解雇をする場合、事業所は職員に少なくとも30日前までに解雇日を特定して通知をする必要があります。(なお、予告期間の計算は民法140条の一般原則(解雇通知をした日は30日に含まない)が適用されます)

30日も待たずに解雇をしたい場合は、30日分以上の平均賃金を支払わなければなりません。(平均賃金とは、労働基準法第12条によるもの)これを解雇予告手当といいます。

これは、例えば、2019年5月15日で解雇する旨の通知を2019年5月1日に通知した場合、5月1日の翌日である5月2日~5月15日までは14日しか猶予がありません。よって、30日-14日=16日分の平均賃金の支払いが必要になるという考え方です。

なお、解雇予告手当は、解雇日までに支払うものと言われています。

以上の労働基準法を遵守していれば、解雇はできます。(当然、解雇を認めながら解雇予告手当を支払っていない等の事由があれば法違反を構成し、行政指導等の対象となります。)

解雇はできるのですが、解雇をした理由が不当であると、解雇が無効になったり、職員から損害賠償請求を受ける事案も目立ちます。
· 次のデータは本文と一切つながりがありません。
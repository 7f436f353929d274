//! The controllers of a node as C: statements that do, at an activation, what the table of deeds says; what the inboxes begin with, and that
//! what comes is put into them.
#![tactic(auto)]

mod controlling;
mod inboxes;
pub mod laws;
mod lossy;
mod posts;
mod statements;
mod unread;

pub use controlling::{counting, pressure};
pub use inboxes::{acknowledging, delivering, starting_ack, starting_inbox, starting_phase};
pub use lossy::losing;
pub use posts::Post;
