// Statements and expressions in boxes.

ghost use Rattle.std.specs.Prelude.{◌≡◌, IfOk};
ghost use Rattle.lt_c.specs.Tree.{Statement as Sentence, assign, branch, both, c_integer, c_var, c_join, o_eq, o_ne};
ghost use Rattle.lt_c.specs.Views.{place_in, viewed_operator, tree_of, statement_of};
ghost use Rattle.lt_c_control.specs.Control.{turned};

use lt_base::Memory;
use lt_c::{Action, Expression, Symbol, Variable};
use std::alloc::Global;

pub(crate) fn joined(
    alloc: Global,
    o: Symbol,
    a: Expression,
    b: Expression,
) -> Result<Expression, Memory>
    ensures { IfOk result (λ e. tree_of e ≡ c_join (viewed_operator o) (tree_of a) (tree_of b)) }
{
    let a = Box::new(alloc, a)?;
    let b = Box::new(alloc, b)?;
    Ok(Expression::Join(o, a, b))
}

pub(crate) fn then(alloc: Global, a: Action, b: Action) -> Result<Action, Memory>
    ensures { IfOk result (λ s. (run : Sentence) → statement_of run s ≡ both (statement_of run a) (statement_of run b)) }
{
    let a = Box::new(alloc, a)?;
    let b = Box::new(alloc, b)?;
    Ok(Action::Both(a, b))
}

pub(crate) fn either(alloc: Global, e: Expression, a: Action, b: Action) -> Result<Action, Memory>
    ensures { IfOk result (λ s. (run : Sentence) → statement_of run s ≡ branch (tree_of e) (statement_of run a) (statement_of run b)) }
{
    let a = Box::new(alloc, a)?;
    let b = Box::new(alloc, b)?;
    Ok(Action::Branch(e, a, b))
}

// Whether a variable is a number.
pub(crate) fn is_number(alloc: Global, p: Variable, n: i64) -> Result<Expression, Memory>
    ensures { IfOk result (λ e. tree_of e ≡ c_join o_eq (c_var (place_in p)) (c_integer n)) }
{
    joined(alloc, Symbol::Eq, Expression::Var(p), Expression::Number(n))
}

// A variable becomes a number.
pub(crate) fn becomes(p: Variable, n: i64) -> Action
    ensures { (run : Sentence) → statement_of run result ≡ assign (place_in p) (c_integer n) }
{
    Action::Assign(p, Expression::Number(n))
}

// A bit is turned.
pub(crate) fn turned(alloc: Global, p: Variable) -> Result<Action, Memory>
    ensures { IfOk result (λ s. (run : Sentence) → statement_of run s ≡ turned (place_in p)) }
{
    let e = Box::new(alloc, Expression::Var(p))?;
    Ok(Action::Assign(p, Expression::Not(e)))
}

// The bits of two variables differ.
pub(crate) fn differ(alloc: Global, p: Variable, q: Variable) -> Result<Expression, Memory>
    ensures { IfOk result (λ e. tree_of e ≡ c_join o_ne (c_var (place_in p)) (c_var (place_in q))) }
{
    joined(alloc, Symbol::Ne, Expression::Var(p), Expression::Var(q))
}

// A variable becomes what another is.
pub(crate) fn copied(p: Variable, q: Variable) -> Action
    ensures { (run : Sentence) → statement_of run result ≡ assign (place_in p) (c_var (place_in q)) }
{
    Action::Assign(p, Expression::Var(q))
}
事業所としては、こちらを意識した労務管理が必要だと言えます。

民法という法律があります。この法律は私人間の法取引について規律する法律です。よって、労働基準法のように国(行政)と私人間を規律する公法とは異なります。民法の特別法である労働契約法という法律がありますが性質は民法と同じ(私人間(労働者と使用者間)の法取引)であり、民法に優先されて適用されます。

労働契約法16条「解雇は客観的に合理的な理由を欠き社会通念上相当であると認められない場合は無効とする」

労働契約法16条は職員さんから見た場合、事業所がなした解雇に「ちゃんとした理由があった」と証明させる根拠条文となります。
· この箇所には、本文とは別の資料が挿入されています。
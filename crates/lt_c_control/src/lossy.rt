// The statements of a controller whose links lose messages.

ghost use Rattle.std.specs.Prelude.{◌≡◌, IfOk};
ghost use Rattle.lt_c.specs.Tree.{Statement as Sentence, branch, nothing, perform, more, c_var, c_join, o_le};
ghost use Rattle.lt_c.specs.Views.{place_in, tree_of, statement_of};
ghost use Rattle.lt_c_control.specs.Lossy.{all_new, all_answers, if_answered, counted_up, posting, executing_once, sending_next, losing};
ghost use Rattle.lt_c_control.specs.Steps.{new_step, answer_step, post_step};

use crate::posts::Post;
use crate::statements::{becomes, copied, either, is_number, joined, then};
use lt_base::Memory;
use lt_c::{Action, Expression, Function, Symbol, Variable};
use std::alloc::Global;

// The count of instants is at most a number that came.
fn at_most(alloc: Global, p: Variable) -> Result<Expression, Memory>
    ensures { IfOk result (λ e. tree_of e ≡ c_join o_le (c_var (place_in Variable.Executions)) (c_var (place_in p))) }
{
    joined(
        alloc,
        Symbol::Le,
        Expression::Var(Variable::Executions),
        Expression::Var(p),
    )
}

// One more inbox for data before others.
fn new_before(alloc: Global, j: u32, rest: Expression) -> Result<Expression, Memory>
    ensures { IfOk result (λ e. tree_of e ≡ new_step j (tree_of rest)) }
{
    let first = at_most(alloc, Variable::Newest(j))?;
    joined(alloc, Symbol::And, first, rest)
}

fn all_new(alloc: Global, js: &[u32], e: Expression) -> Result<Expression, Memory>
    ensures { IfOk result (λ all. tree_of all ≡ all_new js.now (tree_of e)) }
{
    let mut all = e;
    'inboxes: for i in 0..js.len() {
        let j = js[js.len() - 1 - i];
        all = new_before(alloc, j, all)?;
    }
    Ok(all)
}

// One more inbox for acknowledgements before others.
fn answer_before(alloc: Global, j: u32, rest: Expression) -> Result<Expression, Memory>
    ensures { IfOk result (λ e. tree_of e ≡ answer_step j (tree_of rest)) }
{
    let first = at_most(alloc, Variable::Answered(j))?;
    joined(alloc, Symbol::And, first, rest)
}

fn all_answers(alloc: Global, js: &[u32], e: Expression) -> Result<Expression, Memory>
    ensures { IfOk result (λ all. tree_of all ≡ all_answers js.now (tree_of e)) }
{
    let mut all = e;
    'inboxes: for i in 0..js.len() {
        let j = js[js.len() - 1 - i];
        all = answer_before(alloc, j, all)?;
    }
    Ok(all)
}

// A statement where all acknowledgements are there.
fn if_answered(alloc: Global, js: &[u32], s: Action) -> Result<Action, Memory>
    ensures { IfOk result (λ t. (run : Sentence) → statement_of run t ≡ if_answered js.now (statement_of run s)) }
{
    match js.split_first() {
        None => Ok(s),
        Some((j, rest)) => {
            let first = at_most(alloc, Variable::Answered(*j))?;
            let all = all_answers(alloc, rest, first)?;
            either(alloc, all, s, Action::Nothing)
        }
    }
}

// One more is counted.
fn counted_up(alloc: Global, p: Variable) -> Result<Action, Memory>
    ensures { IfOk result (λ s. (run : Sentence) → statement_of run s ≡ counted_up (place_in p)) }
{
    let count = Box::new(alloc, Expression::Var(p))?;
    let one = Box::new(alloc, Expression::Number(1))?;
    Ok(Action::Assign(p, Expression::Call(Function::Add, count, one)))
}

// One more value is kept before others.
fn post_before(alloc: Global, post: Post, rest: Action) -> Result<Action, Memory>
    ensures { IfOk result (λ s. (run : Sentence) → statement_of run s ≡ post_step post (statement_of run rest)) }
{
    let kept = Variable::Posted(post.to_node, post.at_place);
    then(alloc, copied(kept, Variable::Slot(post.from_slot)), rest)
}

fn posting(alloc: Global, posts: &[Post]) -> Result<Action, Memory>
    ensures { IfOk result (λ s. (run : Sentence) → statement_of run s ≡ posting posts.now) }
{
    let mut all = Action::Nothing;
    'posts: for i in 0..posts.len() {
        let post = posts[posts.len() - 1 - i];
        all = post_before(alloc, post, all)?;
    }
    Ok(all)
}

// The step is run, and counted.
fn executing(alloc: Global) -> Result<Action, Memory>
    ensures { IfOk result (λ s. (run : Sentence) → statement_of run s ≡ executing_once (perform run)) }
{
    let count = counted_up(alloc, Variable::Executions)?;
    let last = then(alloc, count, becomes(Variable::Did, 1))?;
    let marked = then(alloc, becomes(Variable::Phase, 1), last)?;
    then(alloc, Action::Run, marked)
}

// The next message is kept, and counted.
fn sending(alloc: Global, posts: &[Post]) -> Result<Action, Memory>
    ensures { IfOk result (λ s. (run : Sentence) → statement_of run s ≡ sending_next posts.now) }
{
    let count = counted_up(alloc, Variable::Sendings)?;
    let last = then(alloc, count, becomes(Variable::Did, 2))?;
    let marked = then(alloc, becomes(Variable::Phase, 0), last)?;
    let kept = posting(alloc, posts)?;
    then(alloc, kept, marked)
}

// A node that has executed sends, where all acknowledgements are there.
fn ready(alloc: Global, acks: &[u32], posts: &[Post]) -> Result<Action, Memory>
    ensures { IfOk result (λ s. (run : Sentence) → statement_of run s ≡ if_answered acks.now (sending_next posts.now)) }
{
    let send = sending(alloc, posts)?;
    if_answered(alloc, acks, send)
}

// A node that waits executes, where all data and an instant's inputs are there.
fn waiting(alloc: Global, ins: &[u32]) -> Result<Action, Memory>
    ensures { IfOk result (λ s. (run : Sentence) → statement_of run s ≡ branch (all_new ins.now (c_var more)) (executing_once (perform run)) nothing) }
{
    let may = all_new(alloc, ins, Expression::Var(Variable::More))?;
    let execute = executing(alloc)?;
    either(alloc, may, execute, Action::Nothing)
}

/// An activation where links lose messages, of a node with data from some nodes and acknowledgements of some, which posts these values.
/// The node is to send its last message and its last acknowledgement after each activation.
pub fn losing(alloc: Global, ins: &[u32], acks: &[u32], posts: &[Post]) -> Result<Action, Memory>
    ensures { IfOk result (λ s. (run : Sentence) → statement_of run s ≡ losing ins.now acks.now posts.now (perform run)) }
{
    let ready = ready(alloc, acks, posts)?;
    let wait = waiting(alloc, ins)?;
    let is_ready = is_number(alloc, Variable::Phase, 1)?;
    let act = either(alloc, is_ready, ready, wait)?;
    then(alloc, becomes(Variable::Did, 0), act)
}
「合理性」と「相当性」が問題となります。以下、説明します。

「合理性」とは

① 事業所の解雇の必要性と職員が受ける不利益の程度を比較した時にどちらが重大か

② 解雇回避努力義務(配置転換、異動、その他労働条件の変更等)を果たしたか否か

③ 能力不足であれば再教育、再指導を行ったか否か(ある一定の能力があることを前提に雇用した場合は、再教育や再指導の要件は緩和される可能性がある)

④ 勤務態度不良であれば、注意・指導は行ったか否か


⑤ 職員の過去・現在・将来の見通しを前提とした評価であるか否か

「相当性」とは

「相当性」は、「合理性」が肯定(解雇が有効)された場合において二次的に審査される場合に検討される場合がある。(高知放送事件・第二小判昭和52・1・31)

① 解雇の理由が事業所から排除しなければならない程の理由か否か

② 事業所で働く他の職員と平等に扱った結果であるか否か

③ 解雇に際して、職員に十分な説明をし、職員の説明を聴取してきたか否か

※なお、具体的判断は個別事案によります。一般的には上記判断基準以外にも職員にとって有利な事案を拾い、総合的に判断される可能性があります。
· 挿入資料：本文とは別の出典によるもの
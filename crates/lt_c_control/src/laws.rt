//! What holds of the emitted controllers; nothing here is run.
ghost use Rattle.lt_c_control.specs.Control.{PressureIsDeed, CountingIsDeed};
ghost use Rattle.lt_c_control.specs.Inboxes.{MessagesPut, StartsFresh};
ghost use Rattle.lt_c_control.specs.Lossy.{LosingIsDeed};

/// Under back-pressure an activation does what the table of deeds says, and leaves its phase.
pub fn pressure_is_deed()
    ensures { PressureIsDeed }
{}

/// Under the time-based protocol an activation does what the table of deeds says, and leaves its phase.
pub fn counting_is_deed()
    ensures { CountingIsDeed }
{}

/// What comes is put into its inbox, as `Inbox::put` does.
pub fn messages_put()
    ensures { MessagesPut }
{}

/// A node begins with inboxes for data that are fresh, with those for acknowledgements that are not, and in its first phase.
pub fn starts_fresh()
    ensures { StartsFresh }
{}

/// Over links that lose messages an activation does what the table of deeds says, counts, and keeps the values that it sends.
pub fn losing_is_deed()
    ensures { LosingIsDeed }
{}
解雇を検討されている事業所さま。まずは、「合理性」と「相当性」について考えてみてはいかがでしょうか。

これらの基準を意識し、職員さんと向き合う過程で、意外にも物事は好転するかもしれませんね。

そして、注意や指導、再教育等をした場合、記録はきちんと書面等でとりましょう。事業所が解雇を選択しないようにいかに努力してきたか証明する証拠にもなります。

最近ご相談が多いのは採用したら能力不足・勤務態度が悪かった、等です。

「採用の自由」は事業所にあります。(三菱樹脂事件 最高裁昭和48・12・12大法廷判決)採用の段階で、事業所に適した人材か否かを見極める力、ツールを活かす必要性がますます増していると思われます。